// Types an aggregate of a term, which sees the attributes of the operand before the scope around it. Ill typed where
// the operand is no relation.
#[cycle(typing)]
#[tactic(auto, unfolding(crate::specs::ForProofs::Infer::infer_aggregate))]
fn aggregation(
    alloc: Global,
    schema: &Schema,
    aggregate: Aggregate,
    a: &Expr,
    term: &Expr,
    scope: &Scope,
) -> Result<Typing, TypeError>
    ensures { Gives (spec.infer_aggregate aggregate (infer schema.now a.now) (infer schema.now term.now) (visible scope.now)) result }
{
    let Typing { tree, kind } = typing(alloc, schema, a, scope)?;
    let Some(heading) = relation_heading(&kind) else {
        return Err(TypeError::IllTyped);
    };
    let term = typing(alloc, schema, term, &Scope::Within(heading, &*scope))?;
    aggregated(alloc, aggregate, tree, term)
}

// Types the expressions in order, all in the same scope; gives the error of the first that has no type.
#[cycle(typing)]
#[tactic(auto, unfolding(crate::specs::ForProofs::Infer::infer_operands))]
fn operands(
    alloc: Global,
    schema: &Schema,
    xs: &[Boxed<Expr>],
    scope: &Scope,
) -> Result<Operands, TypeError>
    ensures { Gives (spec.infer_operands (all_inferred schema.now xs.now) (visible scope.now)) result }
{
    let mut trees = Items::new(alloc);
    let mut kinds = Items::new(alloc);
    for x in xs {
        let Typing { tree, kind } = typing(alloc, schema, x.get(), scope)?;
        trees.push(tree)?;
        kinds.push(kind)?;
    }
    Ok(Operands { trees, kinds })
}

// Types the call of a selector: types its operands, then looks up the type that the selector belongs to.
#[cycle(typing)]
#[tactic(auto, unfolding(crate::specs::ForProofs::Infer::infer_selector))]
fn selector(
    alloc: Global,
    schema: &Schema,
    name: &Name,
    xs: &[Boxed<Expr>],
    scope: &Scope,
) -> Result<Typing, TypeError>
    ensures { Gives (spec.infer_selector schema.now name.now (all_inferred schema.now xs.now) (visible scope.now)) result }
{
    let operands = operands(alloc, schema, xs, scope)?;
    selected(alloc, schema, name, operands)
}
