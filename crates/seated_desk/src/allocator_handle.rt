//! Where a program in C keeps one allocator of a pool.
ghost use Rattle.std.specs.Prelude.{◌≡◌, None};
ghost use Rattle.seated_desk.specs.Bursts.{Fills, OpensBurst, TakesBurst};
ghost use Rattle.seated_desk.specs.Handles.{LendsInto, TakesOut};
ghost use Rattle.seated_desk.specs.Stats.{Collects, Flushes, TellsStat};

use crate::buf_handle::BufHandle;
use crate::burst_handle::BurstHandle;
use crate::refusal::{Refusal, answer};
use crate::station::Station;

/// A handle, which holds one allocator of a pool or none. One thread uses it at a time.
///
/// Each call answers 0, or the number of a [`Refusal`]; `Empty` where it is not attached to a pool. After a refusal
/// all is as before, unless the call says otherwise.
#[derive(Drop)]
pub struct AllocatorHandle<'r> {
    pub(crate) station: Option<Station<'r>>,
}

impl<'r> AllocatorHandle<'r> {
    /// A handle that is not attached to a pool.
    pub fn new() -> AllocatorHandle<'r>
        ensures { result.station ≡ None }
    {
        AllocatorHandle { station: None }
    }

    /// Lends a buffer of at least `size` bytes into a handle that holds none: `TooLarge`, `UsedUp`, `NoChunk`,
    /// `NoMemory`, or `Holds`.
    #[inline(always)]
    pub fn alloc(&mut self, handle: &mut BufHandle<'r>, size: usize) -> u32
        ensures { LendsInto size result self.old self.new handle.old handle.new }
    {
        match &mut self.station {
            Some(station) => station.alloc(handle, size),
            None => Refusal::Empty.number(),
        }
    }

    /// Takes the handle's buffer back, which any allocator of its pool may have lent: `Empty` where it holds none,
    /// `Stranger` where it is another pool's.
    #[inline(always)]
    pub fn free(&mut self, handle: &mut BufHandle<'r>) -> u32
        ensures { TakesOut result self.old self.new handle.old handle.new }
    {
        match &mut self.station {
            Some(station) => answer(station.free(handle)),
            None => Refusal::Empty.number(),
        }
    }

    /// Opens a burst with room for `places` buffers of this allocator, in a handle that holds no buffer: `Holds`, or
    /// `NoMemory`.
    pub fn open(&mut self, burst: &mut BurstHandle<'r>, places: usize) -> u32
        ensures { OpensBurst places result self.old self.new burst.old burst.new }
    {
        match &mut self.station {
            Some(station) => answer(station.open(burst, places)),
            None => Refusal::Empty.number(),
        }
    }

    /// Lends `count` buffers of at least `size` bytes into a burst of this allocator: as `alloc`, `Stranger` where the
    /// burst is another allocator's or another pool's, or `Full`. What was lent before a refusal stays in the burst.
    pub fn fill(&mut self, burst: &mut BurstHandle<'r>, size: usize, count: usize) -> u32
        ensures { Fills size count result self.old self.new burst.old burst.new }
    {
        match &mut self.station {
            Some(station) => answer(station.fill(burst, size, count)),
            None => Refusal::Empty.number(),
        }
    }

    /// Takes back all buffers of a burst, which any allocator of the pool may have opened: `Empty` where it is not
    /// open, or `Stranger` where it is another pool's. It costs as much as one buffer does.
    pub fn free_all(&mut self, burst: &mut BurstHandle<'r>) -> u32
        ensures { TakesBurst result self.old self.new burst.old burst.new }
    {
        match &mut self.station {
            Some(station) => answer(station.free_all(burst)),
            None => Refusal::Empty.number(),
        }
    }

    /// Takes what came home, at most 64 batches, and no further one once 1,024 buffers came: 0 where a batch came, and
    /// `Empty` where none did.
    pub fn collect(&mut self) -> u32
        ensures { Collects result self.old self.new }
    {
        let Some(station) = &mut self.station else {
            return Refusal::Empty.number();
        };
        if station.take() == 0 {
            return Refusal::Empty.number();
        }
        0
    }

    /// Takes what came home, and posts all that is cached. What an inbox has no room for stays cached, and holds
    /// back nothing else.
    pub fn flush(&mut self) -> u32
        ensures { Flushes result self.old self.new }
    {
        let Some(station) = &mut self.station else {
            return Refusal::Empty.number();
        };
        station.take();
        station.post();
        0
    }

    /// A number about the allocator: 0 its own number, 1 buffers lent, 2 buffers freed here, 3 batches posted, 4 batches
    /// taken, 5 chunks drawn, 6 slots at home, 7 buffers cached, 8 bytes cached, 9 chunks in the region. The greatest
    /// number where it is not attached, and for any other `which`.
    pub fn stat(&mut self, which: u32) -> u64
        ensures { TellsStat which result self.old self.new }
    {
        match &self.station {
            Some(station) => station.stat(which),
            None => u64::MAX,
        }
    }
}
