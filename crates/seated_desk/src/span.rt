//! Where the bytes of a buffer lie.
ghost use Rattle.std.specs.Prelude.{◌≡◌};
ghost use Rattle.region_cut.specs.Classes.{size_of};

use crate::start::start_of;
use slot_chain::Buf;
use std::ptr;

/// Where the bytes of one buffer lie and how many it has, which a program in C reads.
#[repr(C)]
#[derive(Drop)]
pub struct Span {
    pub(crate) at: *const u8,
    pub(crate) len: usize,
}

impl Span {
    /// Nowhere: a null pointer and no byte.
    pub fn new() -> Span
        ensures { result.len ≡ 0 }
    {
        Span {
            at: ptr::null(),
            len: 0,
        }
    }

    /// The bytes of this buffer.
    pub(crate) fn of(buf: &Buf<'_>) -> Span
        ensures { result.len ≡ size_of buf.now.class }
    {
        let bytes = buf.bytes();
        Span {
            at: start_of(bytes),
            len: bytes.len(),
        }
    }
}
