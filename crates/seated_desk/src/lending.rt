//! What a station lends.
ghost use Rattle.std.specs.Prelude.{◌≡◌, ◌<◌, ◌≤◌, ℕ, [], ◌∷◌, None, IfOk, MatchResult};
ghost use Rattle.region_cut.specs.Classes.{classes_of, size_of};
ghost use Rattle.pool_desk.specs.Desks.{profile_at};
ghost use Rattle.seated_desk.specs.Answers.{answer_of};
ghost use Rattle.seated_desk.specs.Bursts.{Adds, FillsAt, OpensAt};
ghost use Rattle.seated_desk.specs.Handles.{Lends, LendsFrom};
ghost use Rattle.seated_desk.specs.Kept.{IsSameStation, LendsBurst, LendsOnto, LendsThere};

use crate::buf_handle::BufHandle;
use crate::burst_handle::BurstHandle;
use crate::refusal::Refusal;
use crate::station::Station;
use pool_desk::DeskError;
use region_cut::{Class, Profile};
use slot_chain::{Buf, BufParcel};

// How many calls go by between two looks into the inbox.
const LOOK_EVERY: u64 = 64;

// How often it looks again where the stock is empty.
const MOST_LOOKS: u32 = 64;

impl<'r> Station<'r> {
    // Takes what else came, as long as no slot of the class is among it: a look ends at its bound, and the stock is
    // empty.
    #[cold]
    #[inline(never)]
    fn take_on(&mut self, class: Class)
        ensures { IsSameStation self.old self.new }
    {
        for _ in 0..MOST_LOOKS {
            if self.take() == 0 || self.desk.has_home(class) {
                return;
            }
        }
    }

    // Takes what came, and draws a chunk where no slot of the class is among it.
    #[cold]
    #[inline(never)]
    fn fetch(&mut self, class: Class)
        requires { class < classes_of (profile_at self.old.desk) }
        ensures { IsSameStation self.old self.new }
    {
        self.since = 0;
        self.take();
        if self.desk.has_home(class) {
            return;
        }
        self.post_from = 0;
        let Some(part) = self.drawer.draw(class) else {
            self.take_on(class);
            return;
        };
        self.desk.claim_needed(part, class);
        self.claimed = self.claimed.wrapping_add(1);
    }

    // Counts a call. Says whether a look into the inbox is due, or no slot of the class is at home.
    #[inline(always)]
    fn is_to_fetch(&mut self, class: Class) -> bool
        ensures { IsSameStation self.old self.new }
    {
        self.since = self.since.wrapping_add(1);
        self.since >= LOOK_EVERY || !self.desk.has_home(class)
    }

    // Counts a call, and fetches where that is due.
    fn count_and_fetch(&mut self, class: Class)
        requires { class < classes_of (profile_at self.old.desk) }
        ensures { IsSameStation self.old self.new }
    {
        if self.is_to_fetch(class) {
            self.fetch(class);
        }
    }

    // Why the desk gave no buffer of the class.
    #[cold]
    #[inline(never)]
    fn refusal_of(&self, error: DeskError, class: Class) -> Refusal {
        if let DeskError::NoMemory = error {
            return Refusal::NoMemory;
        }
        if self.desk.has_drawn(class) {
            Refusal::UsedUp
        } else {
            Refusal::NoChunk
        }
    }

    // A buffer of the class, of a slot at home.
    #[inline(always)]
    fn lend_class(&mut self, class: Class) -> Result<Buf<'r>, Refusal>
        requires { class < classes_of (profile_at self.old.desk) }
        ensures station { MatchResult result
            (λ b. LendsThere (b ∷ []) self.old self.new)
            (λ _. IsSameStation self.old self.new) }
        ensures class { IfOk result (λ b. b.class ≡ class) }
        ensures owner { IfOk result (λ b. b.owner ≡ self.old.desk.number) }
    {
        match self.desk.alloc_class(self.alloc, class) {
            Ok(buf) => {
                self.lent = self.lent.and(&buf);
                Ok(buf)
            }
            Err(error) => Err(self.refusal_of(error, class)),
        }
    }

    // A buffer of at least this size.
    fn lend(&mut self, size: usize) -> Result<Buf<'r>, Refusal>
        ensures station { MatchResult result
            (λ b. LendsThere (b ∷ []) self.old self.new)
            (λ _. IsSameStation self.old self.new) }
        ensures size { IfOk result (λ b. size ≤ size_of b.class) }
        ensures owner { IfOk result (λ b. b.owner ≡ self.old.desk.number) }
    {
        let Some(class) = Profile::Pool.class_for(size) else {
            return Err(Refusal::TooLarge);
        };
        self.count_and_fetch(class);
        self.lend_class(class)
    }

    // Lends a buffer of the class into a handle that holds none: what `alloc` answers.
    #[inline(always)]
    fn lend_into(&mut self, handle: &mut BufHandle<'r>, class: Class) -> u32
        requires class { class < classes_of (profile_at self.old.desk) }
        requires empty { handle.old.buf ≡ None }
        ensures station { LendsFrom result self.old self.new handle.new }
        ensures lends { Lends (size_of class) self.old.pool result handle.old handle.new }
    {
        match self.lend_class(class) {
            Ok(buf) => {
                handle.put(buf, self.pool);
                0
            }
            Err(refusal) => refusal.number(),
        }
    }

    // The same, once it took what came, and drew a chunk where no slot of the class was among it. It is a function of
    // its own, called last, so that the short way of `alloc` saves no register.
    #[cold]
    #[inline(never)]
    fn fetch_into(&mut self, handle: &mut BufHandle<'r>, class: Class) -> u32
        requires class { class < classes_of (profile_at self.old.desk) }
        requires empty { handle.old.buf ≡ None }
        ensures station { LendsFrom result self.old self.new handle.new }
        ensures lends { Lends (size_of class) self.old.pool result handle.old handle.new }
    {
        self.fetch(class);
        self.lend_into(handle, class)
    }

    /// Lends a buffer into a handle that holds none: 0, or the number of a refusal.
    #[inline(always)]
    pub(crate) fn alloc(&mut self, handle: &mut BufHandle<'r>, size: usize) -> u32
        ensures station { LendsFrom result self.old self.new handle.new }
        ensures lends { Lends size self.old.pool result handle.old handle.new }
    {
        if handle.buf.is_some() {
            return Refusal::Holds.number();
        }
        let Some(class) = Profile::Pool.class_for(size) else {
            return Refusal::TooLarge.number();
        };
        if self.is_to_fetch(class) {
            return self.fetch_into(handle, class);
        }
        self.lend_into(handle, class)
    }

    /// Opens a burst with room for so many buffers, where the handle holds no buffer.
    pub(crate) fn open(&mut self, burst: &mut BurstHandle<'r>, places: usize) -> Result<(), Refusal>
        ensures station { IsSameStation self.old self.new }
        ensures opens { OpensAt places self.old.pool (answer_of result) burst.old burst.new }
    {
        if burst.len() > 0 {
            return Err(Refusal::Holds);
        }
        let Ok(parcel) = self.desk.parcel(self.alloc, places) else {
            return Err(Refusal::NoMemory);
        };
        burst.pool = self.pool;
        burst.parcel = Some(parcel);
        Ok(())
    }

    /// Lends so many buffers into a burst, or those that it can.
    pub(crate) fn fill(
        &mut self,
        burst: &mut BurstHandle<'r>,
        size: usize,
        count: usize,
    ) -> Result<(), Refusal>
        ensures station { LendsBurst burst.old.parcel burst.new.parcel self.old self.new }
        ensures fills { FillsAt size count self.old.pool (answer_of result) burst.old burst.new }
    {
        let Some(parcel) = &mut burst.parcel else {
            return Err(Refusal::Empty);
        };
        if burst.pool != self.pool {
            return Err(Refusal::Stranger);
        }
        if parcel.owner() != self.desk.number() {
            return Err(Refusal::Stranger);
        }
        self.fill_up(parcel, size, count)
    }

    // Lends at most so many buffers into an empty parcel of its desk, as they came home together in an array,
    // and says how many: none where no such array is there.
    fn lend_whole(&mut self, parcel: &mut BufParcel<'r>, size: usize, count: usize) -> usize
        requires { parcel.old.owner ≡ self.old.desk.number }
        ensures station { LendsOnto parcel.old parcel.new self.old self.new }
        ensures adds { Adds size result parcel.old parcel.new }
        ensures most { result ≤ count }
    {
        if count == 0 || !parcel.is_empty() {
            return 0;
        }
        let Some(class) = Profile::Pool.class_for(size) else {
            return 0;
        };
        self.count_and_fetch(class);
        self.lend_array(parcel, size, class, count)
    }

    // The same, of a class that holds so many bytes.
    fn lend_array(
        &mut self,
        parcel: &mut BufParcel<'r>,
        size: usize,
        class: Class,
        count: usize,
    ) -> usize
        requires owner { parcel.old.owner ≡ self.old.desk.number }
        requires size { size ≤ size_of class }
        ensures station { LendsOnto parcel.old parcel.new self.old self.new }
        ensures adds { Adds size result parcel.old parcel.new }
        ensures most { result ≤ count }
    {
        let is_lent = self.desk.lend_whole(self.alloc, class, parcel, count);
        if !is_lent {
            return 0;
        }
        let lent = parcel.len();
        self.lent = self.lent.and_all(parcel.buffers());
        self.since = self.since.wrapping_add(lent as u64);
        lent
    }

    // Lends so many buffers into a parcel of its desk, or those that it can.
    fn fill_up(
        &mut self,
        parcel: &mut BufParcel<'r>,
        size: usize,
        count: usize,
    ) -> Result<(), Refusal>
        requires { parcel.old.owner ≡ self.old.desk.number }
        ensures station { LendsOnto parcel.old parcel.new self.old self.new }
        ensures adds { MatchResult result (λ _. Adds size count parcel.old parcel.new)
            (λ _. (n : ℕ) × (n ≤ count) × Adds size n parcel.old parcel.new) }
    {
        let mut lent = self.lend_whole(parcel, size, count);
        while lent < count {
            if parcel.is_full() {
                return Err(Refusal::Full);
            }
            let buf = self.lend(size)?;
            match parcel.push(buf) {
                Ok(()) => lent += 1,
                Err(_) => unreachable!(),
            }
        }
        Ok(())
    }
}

|---|

— Work required —
Counting the lines above that hold "null", reply with the number and no other words.

— Expected answer —
2